## [Supplied records]
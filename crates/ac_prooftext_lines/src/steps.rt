//! Steps.
ghost use Rattle.std.specs.Prelude.{◌≡◌, ◌∷◌, [], codes, decimal, ℕ, ℤ, IfOk};
ghost use Rattle.std.specs.Fmt.{signed_decimal};
ghost use Rattle.ac_forms.specs.Affine.{Affine};
ghost use Rattle.ac_forms.specs.Fits.{Fits};
ghost use Rattle.ac_prooftext_lines.specs.ItemReaders.{Reads};
ghost use Rattle.ac_prooftext_lines.specs.Spellable.{IsIndex, IsSpellableForm, IsSpellableStep};
ghost use Rattle.ac_prooftext_lines.specs.Spelling.{form_words, step_words};

use crate::fields::{natural_integer, one_natural, two_naturals};
use crate::forms::read_form;
use crate::lists::multiples;
use crate::rows::integer_form;
use crate::words::{Words, is};
use ac_cert::types::Step;
use ac_forms::Form;
use std::alloc::{AllocError, Global};

/// A sum of at least one row.
fn add_step(alloc: Global, words: &Words<'_>) -> Result<Option<Step>, AllocError>
    ensures { IfOk result (λ found. Reads IsSpellableStep step_words (codes "add" ∷ words.now) found) }
{
    if words.is_done() {
        return Ok(None);
    }
    let Some(pairs) = multiples(alloc, words)? else {
        return Ok(None);
    };
    Ok(Some(Step::Add(pairs)))
}

fn cut_step(words: &Words<'_>) -> Option<Step>
    ensures { Reads IsSpellableStep step_words (codes "cut" ∷ words.now) result }
{
    let Some((row, divisor)) = natural_integer(words) else {
        return None;
    };
    Some(Step::Cut(row, divisor))
}

fn div_scale(words: &Words<'_>) -> Option<Step>
    ensures { Reads IsSpellableStep step_words (codes "divscale" ∷ words.now) result }
{
    let Some((row, factor)) = natural_integer(words) else {
        return None;
    };
    Some(Step::DivScale(row, factor))
}

/// Two rows, each with its factor.
fn two_multiples(words: &Words<'_>) -> Option<(usize, i128, usize, i128)>
    ensures { Reads (λ (p : ℕ × ℤ × ℕ × ℤ). IsIndex p.0 × Fits p.1 × IsIndex p.2 × Fits p.3) (λ p. decimal p.0 ∷ signed_decimal p.1 ∷ decimal p.2 ∷ signed_decimal p.3 ∷ []) words.now result }
{
    let mut words = words.again();
    let Some(first) = words.natural() else {
        return None;
    };
    let Some(factor) = words.integer() else {
        return None;
    };
    let Some(second) = words.natural() else {
        return None;
    };
    let Some(other) = words.last_integer() else {
        return None;
    };
    Some((first, factor, second, other))
}

fn div_add(words: &Words<'_>) -> Option<Step>
    ensures { Reads IsSpellableStep step_words (codes "divadd" ∷ words.now) result }
{
    let Some((first, factor, second, other)) = two_multiples(words) else {
        return None;
    };
    Some(Step::DivAdd(first, factor, second, other))
}

/// A row, two integers and a form.
fn row_integers_form(
    alloc: Global,
    words: &Words<'_>,
) -> Result<Option<(usize, i128, i128, Form)>, AllocError>
    ensures { IfOk result (λ found. Reads (λ (p : ℕ × ℤ × ℤ × Affine). IsIndex p.0 × Fits p.1 × Fits p.2 × IsSpellableForm p.3) (λ p. decimal p.0 ∷ signed_decimal p.1 ∷ signed_decimal p.2 ∷ form_words p.3) words.now found) }
{
    let mut words = words.again();
    let Some(row) = words.natural() else {
        return Ok(None);
    };
    let Some(first) = words.integer() else {
        return Ok(None);
    };
    let Some(second) = words.integer() else {
        return Ok(None);
    };
    let Some(form) = read_form(alloc, &words)? else {
        return Ok(None);
    };
    Ok(Some((row, first, second, form)))
}

fn div_mod(alloc: Global, words: &Words<'_>) -> Result<Option<Step>, AllocError>
    ensures { IfOk result (λ found. Reads IsSpellableStep step_words (codes "divmod" ∷ words.now) found) }
{
    let Some((row, divisor, modulus, form)) = row_integers_form(alloc, words)? else {
        return Ok(None);
    };
    Ok(Some(Step::DivMod(row, divisor, modulus, form)))
}

fn div_eq(words: &Words<'_>) -> Option<Step>
    ensures { Reads IsSpellableStep step_words (codes "diveq" ∷ words.now) result }
{
    let Some((row, modulus)) = natural_integer(words) else {
        return None;
    };
    Some(Step::DivEq(row, modulus))
}

fn quot_step(words: &Words<'_>) -> Option<Step>
    ensures { Reads IsSpellableStep step_words (codes "quot" ∷ words.now) result }
{
    let Some(row) = one_natural(words) else {
        return None;
    };
    Some(Step::Quot(row))
}

fn floor_step(alloc: Global, words: &Words<'_>) -> Result<Option<Step>, AllocError>
    ensures { IfOk result (λ found. Reads IsSpellableStep step_words (codes "floor" ∷ words.now) found) }
{
    let Some((divisor, form)) = integer_form(alloc, words)? else {
        return Ok(None);
    };
    Ok(Some(Step::Floor(divisor, form)))
}

fn eq_cut(words: &Words<'_>) -> Option<Step>
    ensures { Reads IsSpellableStep step_words (codes "eqcut" ∷ words.now) result }
{
    let Some((first, second)) = two_naturals(words) else {
        return None;
    };
    Some(Step::EqCut(first, second))
}

/// The step that words spell.
pub fn read_step(alloc: Global, words: &Words<'_>) -> Result<Option<Step>, AllocError>
    ensures { IfOk result (λ found. Reads IsSpellableStep step_words words.now found) }
{
    let mut words = words.again();
    let Some(name) = words.next() else {
        return Ok(None);
    };
    if is(name, b"add") {
        return add_step(alloc, &words);
    }
    if is(name, b"cut") {
        return Ok(cut_step(&words));
    }
    if is(name, b"divscale") {
        return Ok(div_scale(&words));
    }
    if is(name, b"divadd") {
        return Ok(div_add(&words));
    }
    if is(name, b"divmod") {
        return div_mod(alloc, &words);
    }
    if is(name, b"diveq") {
        return Ok(div_eq(&words));
    }
    if is(name, b"quot") {
        return Ok(quot_step(&words));
    }
    if is(name, b"floor") {
        return floor_step(alloc, &words);
    }
    if is(name, b"eqcut") {
        return Ok(eq_cut(&words));
    }
    Ok(None)
}
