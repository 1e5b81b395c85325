//! Numbers, each a word of its own, and nothing behind them.
ghost use Rattle.std.specs.Prelude.{◌≡◌, [], ◌∷◌, ℕ, ℤ, decimal};
ghost use Rattle.std.specs.Fmt.{signed_decimal};
ghost use Rattle.ac_forms.specs.Fits.{Fits};
ghost use Rattle.ac_prooftext_lines.specs.ItemReaders.{Reads};
ghost use Rattle.ac_prooftext_lines.specs.Spellable.{IsIndex, IsIndexed, AreIndices};

use crate::words::Words;

/// One number.
pub fn one_natural(words: &Words<'_>) -> Option<usize>
    ensures { Reads IsIndex (λ n. decimal n ∷ []) words.now result }
{
    words.again().last_natural()
}

/// Two numbers.
pub fn two_naturals(words: &Words<'_>) -> Option<(usize, usize)>
    ensures { Reads AreIndices (λ p. decimal p.0 ∷ decimal p.1 ∷ []) words.now result }
{
    let mut words = words.again();
    let Some(first) = words.natural() else {
        return None;
    };
    let Some(second) = words.last_natural() else {
        return None;
    };
    Some((first, second))
}

/// Three numbers.
pub fn three_naturals(words: &Words<'_>) -> Option<(usize, usize, usize)>
    ensures { Reads (λ (p : ℕ × ℕ × ℕ). IsIndex p.0 × IsIndex p.1 × IsIndex p.2) (λ p. decimal p.0 ∷ decimal p.1 ∷ decimal p.2 ∷ []) words.now result }
{
    let mut words = words.again();
    let Some(first) = words.natural() else {
        return None;
    };
    let Some(second) = words.natural() else {
        return None;
    };
    let Some(third) = words.last_natural() else {
        return None;
    };
    Some((first, second, third))
}

/// A number and an integer.
pub fn natural_integer(words: &Words<'_>) -> Option<(usize, i128)>
    ensures { Reads IsIndexed (λ p. decimal p.0 ∷ signed_decimal p.1 ∷ []) words.now result }
{
    let mut words = words.again();
    let Some(first) = words.natural() else {
        return None;
    };
    let Some(second) = words.last_integer() else {
        return None;
    };
    Some((first, second))
}

/// Two numbers and an integer.
pub fn two_naturals_integer(words: &Words<'_>) -> Option<(usize, usize, i128)>
    ensures { Reads (λ (p : ℕ × ℕ × ℤ). IsIndex p.0 × IsIndex p.1 × Fits p.2) (λ p. decimal p.0 ∷ decimal p.1 ∷ signed_decimal p.2 ∷ []) words.now result }
{
    let mut words = words.again();
    let Some(first) = words.natural() else {
        return None;
    };
    let Some(second) = words.natural() else {
        return None;
    };
    let Some(third) = words.last_integer() else {
        return None;
    };
    Some((first, second, third))
}

/// A number and two integers.
pub fn natural_two_integers(words: &Words<'_>) -> Option<(usize, i128, i128)>
    ensures { Reads (λ (p : ℕ × ℤ × ℤ). IsIndex p.0 × Fits p.1 × Fits p.2) (λ p. decimal p.0 ∷ signed_decimal p.1 ∷ signed_decimal p.2 ∷ []) words.now result }
{
    let mut words = words.again();
    let Some(first) = words.natural() else {
        return None;
    };
    let Some(second) = words.integer() else {
        return None;
    };
    let Some(third) = words.last_integer() else {
        return None;
    };
    Some((first, second, third))
}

## [What you have to do]
Please report how many lines in the records above contain the word "ghost", and give nothing but the number.

## [Solution for this task]
12